From Jacob Schor, ND, FABNO, 2013 Speaker Selection Committee Chair
Several recent research papers that I've read for the Natural Medicine Journal influence my thoughts and how I'm thinking about the conference. The underlying message from these studies is that it is often not the obvious factors at play that impact our lives and our health. Take Estruch et al's evaluation earlier this year of the PREDIMED data. This was that big Mediterranean Diet study that compared people on a Mediterranean Diet told to eat extra virgin olive oil or nuts who were compared against a group of people told to follow a low fat diet. The low fat group didn't pay much attention to their directions and ate nearly as much olive oil as the experimental group, only they ate pretty much your garden variety olive oil, not the extra virgin stuff the experimental group got for free and enjoyed. Extra virgin versus standard olive oil. One would think this would not make much difference but it did, enough to reduce risk of cardiac events by 30%. It wasn't the types of fats in the olive oil. It was that little bit of stuff that extra virgin has in it that made the difference.

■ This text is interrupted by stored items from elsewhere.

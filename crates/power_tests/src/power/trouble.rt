//! What goes wrong with a disk.

use std::io::ErrorKind;

/// The kind of a call to the disk.
#[derive(Clone, Copy, PartialEq, Eq)]
pub(crate) enum Act {
    Open,
    Create,
    Lock,
    List,
    /// Reads the metadata of the disk's own folder.
    LookAtFolder,
    Look,
    Write,
    Sync,
    Link,
    Rename,
    Remove,
    MakeFolder,
    RemoveFolder,
}

impl Act {
    /// Returns whether this is a step of removing a draft: if the step fails, the draft remains
    /// until the next one is started.
    pub(crate) fn may_leave_draft(self) -> bool {
        matches!(self, Act::LookAtFolder | Act::Remove)
    }
}

/// What fails on a disk. Calls are counted from 0.
#[derive(Clone, Copy)]
pub(crate) struct Trouble {
    /// The first call without power, if power is lost.
    pub(crate) power_ends: Option<usize>,
    /// The call that fails, and its error, if one fails.
    pub(crate) failure: Option<(usize, ErrorKind)>,
    /// The most bytes that a write accepts.
    pub(crate) most: usize,
    /// Whether a file can have two names.
    pub(crate) has_links: bool,
}

impl Trouble {
    /// Nothing goes wrong.
    pub(crate) const NONE: Trouble = Trouble {
        power_ends: None,
        failure: None,
        most: usize::MAX,
        has_links: true,
    };
}
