//! An open folder, with the number in its path.
ghost use Rattle.std.specs.Prelude.{◌≡◌, IfOk, true};

use crate::folder_identity::{FolderIdentity, NumberedFolder};
use crate::listing::folder_path;
use crate::stored_file::StoredFile;
use std::fs::{OpenFile, TryLockError};
use std::io::{Error, ErrorKind};
use std::marker::Model;
use std::rt::Files;
use std::{fs, io};

/// The open folder of the files, or a subfolder of it. Its value in contracts is its number with
/// its identity.
#[derive(Drop)]
pub(crate) struct OpenFolder<F: Drop> {
    folder: NumberedFolder,
    file: F,
}

impl<F: Drop> Model for OpenFolder<F> {
    ghost use Rattle.folder_filing.specs.declared.folder_identity.NumberedFolder.{NumberedFolder as Numbered};

    ghost Value = { Numbered };

    ghost view = { λ f. f.folder };
}

fn open<R: Files>(rt: &R, path: &str, number: u32) -> io::Result<OpenFolder<R::File>>
    ensures { IfOk result (λ f. f.number ≡ number) }
{
    let file = fs::open(rt, path)?;
    let identity = FolderIdentity::of(&file.metadata()?);
    let folder = NumberedFolder { number, identity };
    Ok(OpenFolder { folder, file })
}

/// Opens the folder of the files or a quarantine, and locks it.
///
/// Fails with `WouldBlock` if another writer has locked it, and if it was replaced by another
/// folder before it was locked.
pub(crate) fn lock<R: Files>(rt: &R, dir: &str) -> io::Result<OpenFolder<R::File>>
where
    R::File: StoredFile,
    ensures { IfOk result (λ f. f.number ≡ 0) }
{
    let folder = open(rt, dir, 0)?;
    match folder.file.try_lock() {
        Ok(()) => {}
        Err(TryLockError::WouldBlock) => {
            return Err(Error::new(
                ErrorKind::WouldBlock,
                "the folder is in use by another writer",
            ));
        }
        Err(TryLockError::Error(error)) => return Err(error),
    }
    folder.identity().check_at(rt, dir)?;
    Ok(folder)
}

/// Opens the subfolder with this number of the folder at a path.
pub(crate) fn open_subfolder<R: Files + Alloc>(
    rt: &R,
    dir: &str,
    number: u32,
) -> io::Result<OpenFolder<R::File>>
    ensures { IfOk result (λ f. f.number ≡ number) }
{
    let path = folder_path(rt.alloc(), dir, number)?;
    open(rt, path.as_str(), number)
}

impl<F: Drop> OpenFolder<F> {
    pub(crate) fn numbered(&self) -> NumberedFolder
        ensures { result ≡ self.now }
    {
        self.folder
    }

    pub(crate) fn identity(&self) -> FolderIdentity
        ensures { result ≡ self.now.identity }
    {
        self.folder.identity
    }

    /// Returns whether both are the same folder. A subfolder that replaced one that was moved away
    /// has the same number, but is another folder.
    pub(crate) fn is(&self, other: &OpenFolder<F>) -> bool
        ensures { result ≡ true → self.now ≡ other.now }
    {
        self.folder == other.folder
    }

    /// Syncs the folder to the disk.
    pub(crate) fn sync(&self) -> io::Result<()>
    where
        F: OpenFile,
    {
        self.file.sync_all()
    }
}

Then there's this brand new study that's in the news about walnuts and longevity. Technically the study isn't about longevity, it is about an association between walnut consumption and reduced risk of mortality. Though if longevity isn't the flip side of mortality, tell me what is?
Anyway Marta Guasch-Ferré and colleagues analyzed data from this same cohort of Spaniards from the PREDIMED trial and reported in mid-July that those people eating 3 or more one ounce servings of walnuts a week had a 64% reduced risk of dying during the nearly 5 years the study lasted. While all nuts appeared to be beneficial, walnuts had by far the most effect. Why? The theory is that walnuts are one of the few nuts that we eat with the skin still on. The thought is that some phytonutrient in the nut skin is responsible for the impact.
Here we've been thinking it is all about the fats we consume. Instead it's the little tiny things found in extra virgin olive oil and walnut skins. Who would have thought this?
Thus in my mind I've been going over the AANP conference, thinking about the little things, the tiny things, the ones we don't think to notice, that made it the best AANP conference I've ever been to.
Granted the continuing education lectures were good, and I may for the first time in years purchase a few of them. I want to watch Matt Baral do his amazing lecture again. I may also get a copy of Mark Davis's poop lecture, just so a dozen years from now I can share a copy with people and say 'remember when he was just starting?' I think he's a young doctor who is going somewhere. But it's the little things that I'm searching for in my mind, the things that really made a difference.
I confess it was a sheer joy after a summer in Denver to sleep with our windows and balcony door wide open, snug under a down quilt. It was seeing a coyote early one morning down by the river. I think of the wild roses still wet from nighttime rain as I walked the dog all too early one morning. It was something that happened during the herb walks that I have yet to find words for. What would the proper term be for a group of naturopaths touching plants? You know that whole lexicon of curious terms used to describe collections of the same animal? A judgment of owls I think is an example, or is crows? Well, I think the term should be 'a charm of naturopaths.'
There is something magic about our profession that we often fail to admit to. The memory of the conference that sticks out the most was during the "President's Reception." While everyone else was apparently taking advantage of their free drink tickets while wearing their cheap party store cowboy hats, I sat by the lake at a table with Jim Lemkin, Charlie Cropley and Ruth Adele. Somehow we started sharing our individual stories of how we ended up at naturopathic school. These are too personal to share in a public forum like this but there was a common denominator to each of our stories. The realization that this was our profession occurred in an instant, in some of our cases before we knew the profession or schools even existed. We were all individually struck by our own epiphanies, we had suddenly reached a cross road in our lives and in a moment saw a lifelong path open before us. While my sample size is small, n=4 only, I suspect that this experience is not uncommon, but rather is more common that we would guess. Though we talk of evidence based medicine and clinical trials, there is still something magical about who we are or is it what we do. For most of us this is still without question a calling and these stories only reinforced that image for me.
I recall speaking with a colleague briefly in the hotel lobby one morning. She had to stop me and say, "Jacob, waking up here this morning, my heart sings."
While magic may pervade the whole world, I can't help but feel that there is an inverse association between magic and concrete. The more urban a setting, the more concrete, glass and steel, the harder it is for us to find the magic in nature that powers our mission. Being in the heart of the Colorado Rockies brought us closer to that thing that called us to be naturopaths in the first place.
Was it the occasional butterfly or the hummingbird that shared our space? I'm not sure which tiny things made the difference, but this past conference for me was magical.
So I again wish to thank all of you for coming and also the AANP board that in 2011 agreed to select Keystone as our venue and to Rebecca Takemoto and her company for sharing my vision of where we would feel most at home.